Mi dispaice tanto x voi cmq
Buona notte
Carolina


----------



## Outdider (31 Luglio 2017)

solopersempre ha detto:


> Sono mancato per motivi di lavoro.
> Vedo che la discussione è andata avanti.
> Proverò a rispondere un Po’ a tutti.
> Carola
> ...


Timone a dritta e si va...in culo alla balena amico mio.


----------



## trilobita (31 Luglio 2017)

solopersempre ha detto:


> Sono mancato per motivi di lavoro.
> Vedo che la discussione è andata avanti.
> Proverò a rispondere un Po’ a tutti.
> Carola
> ...


Che dire?
Nulla,qui c'è tutto........


----------



## infinity (31 Luglio 2017)

solopersempre ha detto:


> Sono mancato per motivi di lavoro.
> Vedo che la discussione è andata avanti.
> Proverò a rispondere un Po’ a tutti.
> Carola
> ...


non sei lucido come credi!
Stai solo soffrendo, 
Io credo che non dovevi separarti legalmente.
Credo che tu abbia preso decisioni affrettati.
Potevi separarti per qualche mese , dando al tempo di riflettere su ciò che vuoi veramente.
Tu la ami, si vede, si sente, no Mi dispiace solopersempre, io sono certo che con il tempo riuscirai a perdonare , e tornerete insieme .  Carola ha lasciato il marito perché non si sentiva amata,  E tu lasci una moglie che ami?   Rifletti sulle parole di stany 
Non sei solo per sempre, 
Sei solo in un momento di smarrimento.
Buona fortuna .


----------



## Brunetta (31 Luglio 2017)

Non ci si merita il tradimento, così come non si merita l'amore.
Non si sa perché si ama.
Si può tradire per tante ragioni che nulla hanno a che vedere con il rapporto tradito.
Per riprendere dopo un tradimento bisogna vedere cosa c'è di importante.


----------



## Carola (31 Luglio 2017)

infinity ha detto:


> non sei lucido come credi!
> Stai solo soffrendo,
> Io credo che non dovevi separarti legalmente.
> Credo che tu abbia preso decisioni affrettati.
> ...


Infinity con poche righe hai capito tutto
Mai sentita amata
Stasera e aarivato
Ho preparato cena
Abbiamo riso con i ragazzi serenamente
Poi loro in camera lui cuffie pc lavoro telefonate in inglese casini
Non una parola su come vada qui sulla gestione figli
15 minuti e russava.


Esattam come qnd eravamo sposati.
Esattam uguale
Tra 4 gg riparte.

Vi giuro non avessimo firmato unaxseparaz andavamo avanti cosi anni e io sempte piu frustrata
Si sarebbe finita cmq.

Soloxsempre riflettici bene anche se dopo che ti ho letto capisco la tua amarezza
Ma che cercava sta benedetta donna se aveva tutto?
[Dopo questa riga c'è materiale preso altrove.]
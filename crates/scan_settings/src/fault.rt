// Why words are refused.

use byte_kit::NoMemory;
use std::fmt;

/// Why a word is bad.
#[derive(Clone, Copy, Debug, PartialEq, Eq)]
pub enum Why {
    /// There is no word.
    NoCommand,
    /// Word 0 is no command.
    UnknownCommand,
    /// A word in an option's place is no option of the command.
    UnknownOption,
    /// An option that may be given once is given again.
    Twice,
    /// There are more place words than a scan takes, or an option is given once too often.
    TooMany,
    /// The value of an option is missing.
    ValueMissing,
    /// A word is no decimal of the range that is asked for.
    BadNumber,
    /// A word names no scanner.
    UnknownScanner,
    /// A keyword or a pattern has no byte, or more than 256.
    BadText,
    /// A third place word of `generate`.
    ExtraWord,
    /// There are fewer than two place words.
    PlaceMissing,
    /// The fewest bytes of a word are more than the most, and no word is bad otherwise.
    WordBounds,
}

impl Why {
    ghost use Rattle.std.specs.Prelude.{◌≡◌};
    ghost use Rattle.scan_settings.specs.Faults.{why_text};

    /// What a usage line says of it.
    pub fn text(self) -> &'static str
        ensures { result.now ≡ why_text self }
    {
        match self {
            Why::NoCommand => "no command",
            Why::UnknownCommand => "unknown command",
            Why::UnknownOption => "unknown option",
            Why::Twice => "option given twice",
            Why::TooMany => "too many",
            Why::ValueMissing => "value missing",
            Why::BadNumber => "bad number",
            Why::UnknownScanner => "unknown scanner",
            Why::BadText => "bad text",
            Why::ExtraWord => "extra word",
            Why::PlaceMissing => "place missing",
            Why::WordBounds => "word bounds crossed",
        }
    }
}

impl fmt::Display for Why {
    ghost use Rattle.std.specs.Prelude.{Some};
    ghost use Rattle.scan_settings.specs.Faults.{why_text};

    ghost output = { λ why. Some (why_text why) };

    fn fmt<W: fmt::Write>(&self, f: &mut fmt::Formatter<W>) -> fmt::Result {
        f.write_str(self.text())
    }
}

/// A bad word by its number, counted from 0. What is missing at the end has the number of words.
#[derive(Clone, Copy, Debug, PartialEq, Eq)]
pub struct BadWord {
    pub word: u32,
    pub why: Why,
}

/// Why words are refused.
#[derive(Clone, Copy, Debug, PartialEq, Eq)]
pub enum WordsFault {
    /// The word of this number, counted from 0, is the first bad one.
    Usage { word: u32, why: Why },
    /// The allocator had no room.
    NoMemory,
}

impl From<NoMemory> for WordsFault {
    ghost use Rattle.std.specs.Prelude.{◌≡◌};
    ghost use Rattle.scan_settings.specs.declared.fault.WordsFault.{WordsFault};

    ghost from_gives = { λ memory fault. fault ≡ WordsFault.NoMemory };

    fn from(_: NoMemory) -> Self {
        WordsFault::NoMemory
    }
}

impl From<BadWord> for WordsFault {
    ghost use Rattle.std.specs.Prelude.{◌≡◌};
    ghost use Rattle.scan_settings.specs.Faults.{refusal_of};

    ghost from_gives = { λ bad fault. fault ≡ refusal_of bad };

    fn from(bad: BadWord) -> Self {
        WordsFault::Usage {
            word: bad.word,
            why: bad.why,
        }
    }
}
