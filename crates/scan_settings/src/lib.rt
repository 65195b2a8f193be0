//! The words of the command line: which commands are lawful, what their options set, and which word is
//! the first bad one.
//!
//! `specs/Options.antt` is the table of the options: the name of each, how often it may be given, what its
//! value is and, of a number, its range and what holds without it. `specs/Words.antt` says which words are
//! options, which are places, and what is bad of each; `specs/Settings.antt` which settings the options give,
//! and `specs/Lawful.antt` in which ranges these lie.
//!
//! The promise: [`read_words`] gives the [`Command`] of lawful words, whose settings lie in their ranges, or
//! names the first bad word with its [`Why`]. [`settings_bytes`] is the record of `specs/Record.antt`, and
//! [`settings_read`] gives what a record keeps, and none exactly where the bytes are no record.
#![tactic(auto)]

mod action;
mod fault;
mod judge;
mod options;
mod places;
mod record;
mod record_read;
mod settings;
mod values;
mod words;

pub use fault::{Why, WordsFault};
pub use options::{
    CONTEXT, DEPTH, KEYWORDS_MOST, MARGIN, MASK, PAGE, PATTERNS_MOST, SPOOL_LIMIT, WORD_MAX,
    WORD_MIN, WORKERS,
};
pub use places::{PLACES_MOST, SEED, SIZE};
pub use record::{Kept, settings_bytes};
pub use record_read::{RECORD_LEAST, settings_read};
pub use settings::{Plan, SCANNERS, SCANNERS_END, Settings};
pub use values::{NumberRange, TEXT_MOST};
pub use words::{Command, read_words};

#[cfg(test)]
mod tests;
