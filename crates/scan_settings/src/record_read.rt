// The settings record, read.
ghost use Rattle.std.specs.Prelude.{◌≡◌, ◌≢◌, ◌+◌, ◌<◌, ◌≤◌, ◌^◌, ◌↔◌, take, drop, slice_index, IfOk, IfSome, IfNone, IsTrue, length};
ghost use Rattle.std.specs.List.{All, list_all};
ghost use Rattle.std.specs.Str.{IsUtf8};
ghost use Rattle.byte_kit.specs.Numbers.{le16, le64};
ghost use Rattle.scan_settings.specs.declared.record.Kept.{Kept};
ghost use Rattle.scan_settings.specs.Lawful.{IsPlan};
ghost use Rattle.scan_settings.specs.Values.{is_text};
ghost use Rattle.scan_settings.specs.Record.{record_of, IsKept};
ghost use Rattle.scan_settings.specs.Fields.{AreFields, is_in, has_numbers, is_ranged, texts_at, behind_texts, patterns_at, fields_of};

use crate::options::{CONTEXT, DEPTH, KEYWORDS_MOST, PAGE, PATTERNS_MOST, WORD_MAX, WORD_MIN};
use crate::record::{Kept, record_bytes};
use crate::settings::{Plan, SCANNERS_END};
use crate::values::{NumberRange, TEXT_MOST, is_text};
use byte_kit::{Bytes, Name, Names, NoMemory, Texts, le64_at};
use std::alloc::Global;
use std::str::from_utf8;

/// The fewest bytes of a record: one without texts.
pub const RECORD_LEAST: usize = 51;

/// What a record keeps. None where the bytes are no record: one whose length does not fit, that is of another
/// version, or that keeps a value out of its range, crossed bounds of words, a bit that stands for no scanner, or
/// a pattern that is not UTF-8. Its one refusal is want of memory.
pub fn settings_read(alloc: Global, bytes: &[u8]) -> Result<Option<Kept>, NoMemory>
    ensures kept { IfOk result (λ read. IfSome read IsKept) }
    ensures some { IfOk result (λ read. IfSome read (λ kept. record_of kept ≡ bytes.now)) }
    ensures none { IfOk result (λ read. IfNone read ((kept : Kept) → IsKept kept → record_of kept ≢ bytes.now)) }
{
    if bytes.len() < RECORD_LEAST {
        return Ok(None);
    }
    let Some(kept) = fields_of(alloc, bytes)? else {
        return Ok(None);
    };
    if is_ranged(&kept) && is_record(alloc, &kept, bytes)? {
        Ok(Some(kept))
    } else {
        Ok(None)
    }
}

// The bytes are the record of what is kept. Its one refusal is want of memory.
fn is_record(alloc: Global, kept: &Kept, bytes: &[u8]) -> Result<bool, NoMemory>
    requires { IsPlan kept.now.plan }
    ensures { IfOk result (λ is. IsTrue is ↔ record_of kept.now ≡ bytes.now) }
{
    let record = record_bytes(
        alloc, kept.image, kept.page, kept.stop, kept.alert, &kept.plan,
    )?;
    Ok(record.as_slice() == bytes)
}

// What is kept lies in its ranges.
#[tactic(auto, unfolding(crate::specs::Fields::is_ranged))]
fn is_ranged(kept: &Kept) -> bool
    ensures { result ≡ is_ranged kept.now }
{
    let plan = &kept.plan;
    is_in(kept.page, PAGE)
        && has_numbers(plan)
        && plan.keywords.items().len() <= KEYWORDS_MOST
        && plan.patterns.items().len() <= PATTERNS_MOST
        && are_texts(plan.keywords.items())
        && are_names(plan.patterns.items())
}

// The numbers of a plan lie in their ranges.
#[tactic(auto, unfolding(crate::specs::Fields::has_numbers))]
fn has_numbers(plan: &Plan) -> bool
    ensures { result ≡ has_numbers plan.now }
{
    plan.scanners < SCANNERS_END
        && is_in(u64::from(plan.depth), DEPTH)
        && is_in(u64::from(plan.word_min), WORD_MIN)
        && is_in(u64::from(plan.word_max), WORD_MAX)
        && plan.word_min <= plan.word_max
        && is_in(u64::from(plan.context), CONTEXT)
}

// The number lies in the range.
fn is_in(number: u64, range: NumberRange) -> bool
    ensures { result ≡ is_in range number }
{
    range.least <= number && number <= range.greatest
}

fn are_texts(texts: &[Bytes]) -> bool
    ensures { result ≡ list_all is_text texts.now }
{
    for text in texts {
        if !is_text_of(text.as_slice()) {
            return false;
        }
    }
    true
}

fn are_names(names: &[Name]) -> bool
    ensures { result ≡ list_all is_text names.now }
{
    for name in names {
        if !is_text(name.as_str()) {
            return false;
        }
    }
    true
}

// The same of bytes that need not be UTF-8.
fn is_text_of(text: &[u8]) -> bool
    ensures { result ≡ is_text text.now }
{
    !text.is_empty() && text.len() <= TEXT_MOST
}

// The fields of bytes as far as they are a record. None where a pattern is not UTF-8. Its one refusal is want of
// memory.
#[tactic(auto, unfolding(crate::specs::Fields::fields_of))]
fn fields_of(alloc: Global, bytes: &[u8]) -> Result<Option<Kept>, NoMemory>
    requires { 51 ≤ length bytes.now }
    ensures some { IfOk result (λ read. IfSome read (λ kept. kept ≡ fields_of bytes.now)) }
    ensures sizes { IfOk result (λ read. IfSome read AreFields) }
    ensures utf8 { IfOk result (λ read. IfSome read (λ kept. All IsUtf8 kept.plan.patterns)) }
    ensures none { IfOk result (λ read. IfNone read (¬ (All IsUtf8 (patterns_at bytes.now)))) }
{
    let (_, rest) = bytes.split_at(49);
    let count = two_at(bytes, 47);
    let keywords = texts_at(alloc, count, rest)?;
    let rest = behind_texts(count, rest);
    let texts = texts_at(alloc, two_at(rest, 0), behind_two(rest))?;
    let Some(patterns) = names_of(alloc, texts.items())? else {
        return Ok(None);
    };
    Ok(Some(Kept {
        image: eight_at(bytes, 5),
        page: eight_at(bytes, 13),
        stop: eight_at(bytes, 31),
        alert: eight_at(bytes, 39),
        plan: Plan {
            scanners: two_at(bytes, 21),
            depth: byte_at(bytes, 23),
            mask: byte_at(bytes, 24),
            word_min: two_at(bytes, 25),
            word_max: two_at(bytes, 27),
            context: two_at(bytes, 29),
            keywords,
            patterns,
        },
    }))
}

// The byte of this number; past the end it is 0.
fn byte_at(bytes: &[u8], at: usize) -> u8
    ensures { result ≡ slice_index bytes.now at }
{
    match bytes.get(at) {
        Some(byte) => *byte,
        None => 0,
    }
}

// The two bytes from a place on as a number, as far as they are there.
fn two_at(bytes: &[u8], at: usize) -> u16
    requires { at < 2 ^ 32 }
    ensures { result ≡ le16 bytes.now at }
{
    u16::from(byte_at(bytes, at)) + 256 * u16::from(byte_at(bytes, at + 1))
}

// The eight bytes from a place on as a number.
fn eight_at(bytes: &[u8], at: usize) -> u64
    requires { at + 8 ≤ length bytes.now }
    ensures { result ≡ le64 bytes.now at }
{
    le64_at(bytes, at).unwrap_or(0)
}

// What stands behind the first two bytes.
fn behind_two(bytes: &[u8]) -> &[u8]
    ensures { result.now ≡ drop 2 bytes.now }
{
    match bytes {
        [_, _, rest @ ..] => rest,
        _ => &[],
    }
}

// The text that stands in front, behind its length.
fn text_at(bytes: &[u8]) -> &[u8]
    ensures { result.now ≡ take (le16 bytes.now 0) (drop 2 bytes.now) }
{
    let length = two_at(bytes, 0) as usize;
    let rest = behind_two(bytes);
    if length < rest.len() {
        rest.split_at(length).0
    } else {
        rest
    }
}

// What stands behind it.
fn behind_text(bytes: &[u8]) -> &[u8]
    ensures { result.now ≡ drop (le16 bytes.now 0) (drop 2 bytes.now) }
{
    let length = two_at(bytes, 0) as usize;
    let rest = behind_two(bytes);
    if length < rest.len() {
        rest.split_at(length).1
    } else {
        &[]
    }
}

// So many texts from the front on. Its one refusal is want of memory.
fn texts_at(alloc: Global, count: u16, bytes: &[u8]) -> Result<Texts, NoMemory>
    ensures { IfOk result (λ texts. texts ≡ texts_at count bytes.now) }
{
    let mut texts = Texts::make(alloc);
    let mut rest = bytes;
    for turn in 0..count {
        texts.add(Bytes::copy(alloc, text_at(rest))?)?;
        rest = behind_text(rest);
    }
    Ok(texts)
}

// What stands behind so many texts.
fn behind_texts(count: u16, bytes: &[u8]) -> &[u8]
    ensures { result.now ≡ behind_texts count bytes.now }
{
    let mut rest = bytes;
    for turn in 0..count {
        rest = behind_text(rest);
    }
    rest
}

// These texts as names. None where one is not UTF-8. Its one refusal is want of memory.
fn names_of(alloc: Global, texts: &[Bytes]) -> Result<Option<Names>, NoMemory>
    ensures some { IfOk result (λ read. IfSome read (λ names. names ≡ texts.now)) }
    ensures utf8 { IfOk result (λ read. IfSome read (λ names. All IsUtf8 names)) }
    ensures none { IfOk result (λ read. IfNone read (¬ (All IsUtf8 texts.now))) }
{
    let mut names = Names::make(alloc);
    for text in texts {
        let Ok(name) = from_utf8(text.as_slice()) else {
            return Ok(None);
        };
        names.add(Name::copy(alloc, name)?)?;
    }
    Ok(Some(names))
}
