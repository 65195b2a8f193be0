// The values of options: numbers, scanners and texts.
ghost use Rattle.std.specs.Prelude.{◌≡◌, ◌≤◌, IfSome};
ghost use Rattle.scan_settings.specs.Values.{number_of, number_in, scanner_in, scanner_of, is_text};

use byte_kit::dec_read;
use forensic_path::Scanner;

/// The most bytes of a keyword or of a pattern's text.
pub const TEXT_MOST: usize = 256;

/// Which numbers may be given, and which one holds where none is.
#[derive(Clone, Copy)]
pub struct NumberRange {
    /// The least number.
    pub least: u64,
    /// The greatest number.
    pub greatest: u64,
    /// The number that holds where none is given.
    pub default: u64,
}

// The scanners, each of which has its name.
const SCANNERS: &[Scanner] = &[
    Scanner::Url,
    Scanner::Domain,
    Scanner::Net,
    Scanner::Exec,
    Scanner::Unread,
    Scanner::Find,
    Scanner::Word,
    Scanner::Base64,
    Scanner::Hex,
    Scanner::Utf16,
];

/// The number that a word is, in decimal and of the range. None where it is no such number.
#[tactic(auto, unfolding(crate::specs::Values::number_in))]
pub fn number_in(word: &str, range: NumberRange) -> Option<u64>
    ensures number { result ≡ number_in range word.now }
    ensures most { IfSome result (λ number. number ≤ range.greatest) }
{
    let number = number_of(word)?;
    if range.least <= number && number <= range.greatest {
        Some(number)
    } else {
        None
    }
}

// The number that a word is, in decimal. None where it is no number below 2^64.
fn number_of(word: &str) -> Option<u64>
    ensures { result ≡ number_of word.now }
{
    let number = dec_read(word.as_bytes())?;
    Some(number)
}

/// The scanner that a word names.
pub fn scanner_of(word: &str) -> Option<Scanner>
    ensures { result ≡ scanner_of word.now }
{
    scanner_in(SCANNERS, word)
}

// The one of these scanners that a word names.
fn scanner_in(scanners: &[Scanner], word: &str) -> Option<Scanner>
    ensures { result ≡ scanner_in scanners.now word.now }
{
    for &scanner in scanners {
        if scanner.word() == word {
            return Some(scanner);
        }
    }
    None
}

/// Whether a word may be a keyword or a pattern: 1 to `TEXT_MOST` bytes.
pub fn is_text(word: &str) -> bool
    ensures { result ≡ is_text word.now }
{
    !word.is_empty() && word.len() <= TEXT_MOST
}
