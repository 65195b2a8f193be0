// Judges the options of a command, from left to right.
ghost use Rattle.std.specs.Prelude.{◌≡◌, ◌+◌, ◌<◌, ◌≤◌, ◌^◌, ◌++◌, ◌∷◌, [], Some, None, IfOk, IfErr, OnOk, length};
ghost use Rattle.scan_settings.specs.Faults.{IsFault};
ghost use Rattle.scan_settings.specs.Settings.{texts};
ghost use Rattle.scan_settings.specs.Words.{begins_with_dash, is_followed, is_for, takes_value, often_why, option_why, value_why, value_fault, count_named, option_fault, options_fault, options_in, place_in, behind};

use crate::action::Action;
use crate::fault::{BadWord, Why, WordsFault};
use crate::options::{Often, OptionForm, ValueKind, form_of};
use crate::settings::word_at;
use crate::values::{is_text, number_in, scanner_of};
use byte_kit::NoMemory;
use std::alloc::Global;

/// The options of a command.
#[derive(Drop)]
pub struct Options {
    /// The numbers of the words that are options, in order.
    pub numbers: Vec<u32>,
    /// The number of the first place word, or of words where there is none.
    pub place: u32,
}

/// The options ahead of the first place word, all of them lawful. Refused, it names the first bad one, or
/// wants memory.
pub fn read_options(alloc: Global, action: Action, words: &[String]) -> Result<Options, WordsFault>
    requires some { 0 < length words.now }
    requires few { length words.now < 2 ^ 32 }
    ensures good { IfOk result (λ options. options_fault action (texts words.now) [] (options_in (texts words.now)) ≡ None) }
    ensures numbers { IfOk result (λ options. options.numbers.items ≡ options_in (texts words.now)) }
    ensures place { IfOk result (λ options. options.place ≡ place_in (texts words.now)) }
    ensures within { IfOk result (λ options. options.place ≤ length words.now) }
    ensures bad { IfErr result (IsFault (options_fault action (texts words.now) [] (options_in (texts words.now)))) }
{
    let mut numbers = Vec::new(alloc);
    let mut at = 1;
    while (at as usize) < words.len() && begins_with_dash(word_at(words, at as usize)) {
        let behind = judge_option(action, words, numbers.as_slice(), at)?;
        push_number(&mut numbers, at)?;
        at = behind;
    }
    Ok(Options { numbers, place: at })
}

fn push_number(numbers: &mut Vec<u32>, number: u32) -> Result<(), NoMemory>
    ensures { OnOk result (numbers.new.items ≡ numbers.old.items ++ number ∷ []) }
{
    numbers.push(number)?;
    Ok(())
}

fn begins_with_dash(word: &str) -> bool
    ensures { result ≡ begins_with_dash word.now }
{
    match word.as_bytes() {
        [b'-', ..] => true,
        _ => false,
    }
}

// Judges the option of this number, behind those options, and its value. Gives the number of the word that
// follows them.
#[tactic(auto, unfolding(crate::specs::Words::option_fault))]
fn judge_option(action: Action, words: &[String], earlier: &[u32], at: u32) -> Result<u32, BadWord>
    requires here { at < length words.now }
    requires few { length words.now < 2 ^ 32 }
    ensures good { IfOk result (λ next. option_fault action (texts words.now) earlier.now at ≡ None) }
    ensures next { IfOk result (λ next. next ≡ behind (texts words.now) at) }
    ensures within { IfOk result (λ next. next ≤ length words.now) }
    ensures bad { IfErr result (λ bad. option_fault action (texts words.now) earlier.now at ≡ Some bad) }
{
    let name = word_at(words, at as usize);
    let form = form_of(name);
    if let Some(why) = option_why(action, form, words, earlier, name) {
        return Err(BadWord { word: at, why });
    }
    if let Some(bad) = value_fault(form, words, at + 1) {
        return Err(bad);
    }
    if is_followed(form) {
        Ok(at + 2)
    } else {
        Ok(at + 1)
    }
}

// How often the option of this name is among these.
fn count_named(words: &[String], options: &[u32], name: &str) -> usize
    ensures { result ≡ count_named (texts words.now) options.now name.now }
{
    let mut count = 0;
    for &at in options {
        if word_at(words, at as usize) == name {
            count += 1;
        }
    }
    count
}

fn is_followed(form: Option<OptionForm>) -> bool
    ensures { result ≡ is_followed form }
{
    match form {
        Some(form) => takes_value(form.value),
        None => false,
    }
}

fn takes_value(value: ValueKind) -> bool
    ensures { result ≡ takes_value value }
{
    match value {
        ValueKind::Nothing => false,
        _ => true,
    }
}

// Why an option of this name is bad, behind those options.
fn option_why(
    action: Action,
    form: Option<OptionForm>,
    words: &[String],
    earlier: &[u32],
    name: &str,
) -> Option<Why>
    ensures { result ≡ option_why action form (count_named (texts words.now) earlier.now name.now) }
{
    match form {
        Some(form) if is_for(action, form.value) => often_why(form.often, words, earlier, name),
        _ => Some(Why::UnknownOption),
    }
}

// A list is for a scan alone.
fn is_for(action: Action, value: ValueKind) -> bool
    ensures { result ≡ is_for action value }
{
    match (action, value) {
        (Action::Generate, ValueKind::List) => false,
        _ => true,
    }
}

// Options that may be given any number of times are not counted, since there may be very many.
fn often_why(often: Often, words: &[String], earlier: &[u32], name: &str) -> Option<Why>
    ensures { result ≡ often_why often (count_named (texts words.now) earlier.now name.now) }
{
    match often {
        Often::Always => None,
        Often::Once => (count_named(words, earlier, name) != 0).then_some(Why::Twice),
        Often::AtMost(most) => {
            (count_named(words, earlier, name) >= most).then_some(Why::TooMany)
        }
    }
}

// What is bad of the value that is the word of this number.
fn value_fault(form: Option<OptionForm>, words: &[String], at: u32) -> Option<BadWord>
    ensures { result ≡ value_fault form (texts words.now) at }
{
    let form = form?;
    if !takes_value(form.value) {
        return None;
    }
    if at as usize >= words.len() {
        let why = Why::ValueMissing;
        return Some(BadWord { word: at, why });
    }
    let why = value_why(form.value, word_at(words, at as usize))?;
    Some(BadWord { word: at, why })
}

// Why a word is bad as a value.
fn value_why(value: ValueKind, word: &str) -> Option<Why>
    ensures { result ≡ value_why value word.now }
{
    match value {
        ValueKind::Scanner if scanner_of(word).is_none() => Some(Why::UnknownScanner),
        ValueKind::Number(range) if number_in(word, range).is_none() => Some(Why::BadNumber),
        ValueKind::Text if !is_text(word) => Some(Why::BadText),
        _ => None,
    }
}
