// The options, a row each.
ghost use Rattle.std.specs.Prelude.{◌≡◌, map};
ghost use Rattle.scan_settings.specs.Options.{row_of, form_in, form_of};

use crate::values::NumberRange;

/// How often an option may be given.
#[derive(Clone, Copy)]
pub enum Often {
    /// Any number of times.
    Always,
    /// Once.
    Once,
    /// At most so many times.
    AtMost(usize),
}

/// What the value of an option is.
#[derive(Clone, Copy)]
pub enum ValueKind {
    /// It has none.
    Nothing,
    /// A scanner's name.
    Scanner,
    /// A decimal of this range.
    Number(NumberRange),
    /// A text of 1 to 256 bytes.
    Text,
    /// The name of a list, which a scan alone has.
    List,
}

/// What an option takes, and how often it may be given.
#[derive(Clone, Copy)]
pub struct OptionForm {
    /// How often it may be given.
    pub often: Often,
    /// What its value is.
    pub value: ValueKind,
}

/// How many bytes a page has.
pub const PAGE: NumberRange = NumberRange {
    least: 512,
    greatest: 16_777_216,
    default: 16_777_216,
};

/// How many bytes behind a page are read with it.
pub const MARGIN: NumberRange = NumberRange {
    least: 131_072,
    greatest: 4_194_304,
    default: 4_194_304,
};

/// How many workers scan.
pub const WORKERS: NumberRange = NumberRange {
    least: 1,
    greatest: 8,
    default: 4,
};

/// How many buffers deep decoded bytes are searched.
pub const DEPTH: NumberRange = NumberRange {
    least: 0,
    greatest: 7,
    default: 5,
};

/// The mask of the XOR view; 0, where none is given, is no mask.
pub const MASK: NumberRange = NumberRange {
    least: 1,
    greatest: 255,
    default: 0,
};

/// The fewest bytes of a word.
pub const WORD_MIN: NumberRange = NumberRange {
    least: 1,
    greatest: 256,
    default: 6,
};

/// The most bytes of a word.
pub const WORD_MAX: NumberRange = NumberRange {
    least: 1,
    greatest: 256,
    default: 14,
};

/// How many bytes of context a feature has on either side.
pub const CONTEXT: NumberRange = NumberRange {
    least: 0,
    greatest: 128,
    default: 16,
};

/// How many bytes the spool may have.
pub const SPOOL_LIMIT: NumberRange = NumberRange {
    least: 1,
    greatest: 281_474_976_710_656,
    default: 1_099_511_627_776,
};

/// The most keywords.
pub const KEYWORDS_MOST: usize = 64;

/// The most patterns.
pub const PATTERNS_MOST: usize = 4;

// The name of each option, how often it may be given, and what its value is.
const OPTIONS: &[(&str, Often, ValueKind)] = &[
    ("-e", Often::Always, ValueKind::Scanner),
    ("-x", Often::Always, ValueKind::Scanner),
    ("--page", Often::Once, ValueKind::Number(PAGE)),
    ("--margin", Often::Once, ValueKind::Number(MARGIN)),
    ("--workers", Often::Once, ValueKind::Number(WORKERS)),
    ("--depth", Often::Once, ValueKind::Number(DEPTH)),
    ("--xor", Often::Once, ValueKind::Number(MASK)),
    ("--word-min", Often::Once, ValueKind::Number(WORD_MIN)),
    ("--word-max", Often::Once, ValueKind::Number(WORD_MAX)),
    ("--context", Often::Once, ValueKind::Number(CONTEXT)),
    ("--find", Often::AtMost(KEYWORDS_MOST), ValueKind::Text),
    ("--pattern", Often::AtMost(PATTERNS_MOST), ValueKind::Text),
    ("--stop", Often::Once, ValueKind::List),
    ("--alert", Often::Once, ValueKind::List),
    ("--spool-limit", Often::Once, ValueKind::Number(SPOOL_LIMIT)),
    ("--log", Often::Once, ValueKind::Nothing),
];

/// What the option of this name takes. None where there is no such option.
pub fn form_of(word: &str) -> Option<OptionForm>
    ensures { result ≡ form_of word.now }
{
    form_in(OPTIONS, word)
}

// What the first of these rows of this name says.
fn form_in(rows: &[(&str, Often, ValueKind)], word: &str) -> Option<OptionForm>
    ensures { result ≡ form_in (map row_of rows.now) word.now }
{
    for &(name, often, value) in rows {
        if name == word {
            return Some(OptionForm { often, value });
        }
    }
    None
}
Boh.


----------



## infinity (31 Luglio 2017)

Brunetta ha detto:


> Non ci si merita il tradimento, così come non si merita l'amore.
> Non si sa perché si ama.
> Si può tradire per tante ragioni che nulla hanno a che vedere con il rapporto tradito.
> Per riprendere dopo un tradimento bisogna vedere cosa c'è di importante.


ciao brunetta 
Belle parole le tue, molto riflessivo .
Che non ci si merita il tradimento , va bene.
Perché non ci si merita l'amore?
Per il resto è vero. Quoto


----------



## Outdider (1 Agosto 2017)

Carola ha detto:


> Infinity con poche righe hai capito tutto
> Mai sentita amata
> Stasera e aarivato
> Ho preparato cena
> ...


Già che cercava se aveva tutto?...sempre di più, non ci si accontenta mai.


----------



## infinity (1 Agosto 2017)

Carola ha detto:


> Infinity con poche righe hai capito tutto
> Mai sentita amata
> Stasera e aarivato
> Ho preparato cena
> ...


Carolina io la tua storia lo letta tutta.
E sai cosa penso?
Credo che tuo marito non ti abbia mai amato 
Vi siete voluti bene, solo quello.
Amare è tutt'altro. Mi dispiace per te che hai creduto fino alla fine. Ma non sentirti in colpa 
Hai una nuova vita, goditi al massimo.
La differenza la vedi? La senti ?
Se il tuo ex ti avrebbe amato veramente , tu non avresti cercato altro fuori.
Sono sicuro che saresti stata per lui un ottima moglie, compagna .
Questo lo dico per ciò che ho letto di te.
Io credo che tu abbia rimorsi perché lo hai tradito. E se tu avessi la conferma che anche lui ti tradiva , saresti stata meglio con te stessa. Beh per esperienza non è cosi.
Metti i rimorsi da parte , non porta a niente.
Vivi il presente. 
Ciao Carolina.


----------



## Carola (1 Agosto 2017)

infinity ha detto:


> Carolina io la tua storia lo letta tutta.
> E sai cosa penso?
> Credo che tuo marito non ti abbia mai amato
> Vi siete voluti bene, solo quello.
> ...


Si credo tu abbia ragione.
E si sento tutta la differenza 
Grazie


----------



## ologramma (1 Agosto 2017)

Brunetta ha detto:


> Non ci si merita il tradimento, così come non si merita l'amore.
> Non si sa perché si ama.
> Si può tradire per tante ragioni che nulla hanno a che vedere con il rapporto tradito.
> Per riprendere dopo un tradimento bisogna vedere cosa c'è di importante.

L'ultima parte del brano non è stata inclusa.